[Stored data]
^^^^^^^^^^^^^^^^
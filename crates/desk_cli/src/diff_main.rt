//! The folders of `diff`, and of `page --diff`.

use crate::diff_command::run_diff;
use crate::since_command::{Since, run_page_since};
use crate::spots::{Spot, spot_of};
use crate::status::DeskStatus;
use shelf::{FolderShelf, Shelf, Sink};
use std::fs::Files;

/// Says what is otherwise than at another place.
pub fn diff_with<R: Files + AllocGlobal, S: Shelf, O: Sink>(
    rt: &R,
    shelf: &mut S,
    other: &str,
    out: &mut O,
) -> DeskStatus {
    let alloc = rt.alloc();
    let Ok(Spot { folder, file }) = spot_of(rt, alloc, other) else {
        return DeskStatus::NoMemory;
    };
    let mut before = FolderShelf::new(rt, folder);
    match &file {
        Some(file) => run_diff(alloc, shelf, &mut before, out, Some(file.as_str())),
        None => run_diff(alloc, shelf, &mut before, out, None),
    }
}

/// Writes the page of the month, with what is otherwise than at another place.
pub fn page_since<R: Files + AllocGlobal, S: Shelf, O: Sink>(
    rt: &R,
    shelf: &mut S,
    other: &str,
    out: &mut O,
    built: &[u8],
) -> DeskStatus {
    let alloc = rt.alloc();
    let Ok(Spot { folder, file }) = spot_of(rt, alloc, other) else {
        return DeskStatus::NoMemory;
    };
    let mut before = FolderShelf::new(rt, folder);
    let since = Since {
        other: other.as_bytes(),
        built,
    };
    match &file {
        Some(file) => run_page_since(alloc, shelf, &mut before, out, Some(file.as_str()), since),
        None => run_page_since(alloc, shelf, &mut before, out, None, since),
    }
}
^^^^^^^^^^^^^^^^
- Exercise details:
Across the entries above, work out how many lines include the string "Some", and report only that figure.

- Your response:
2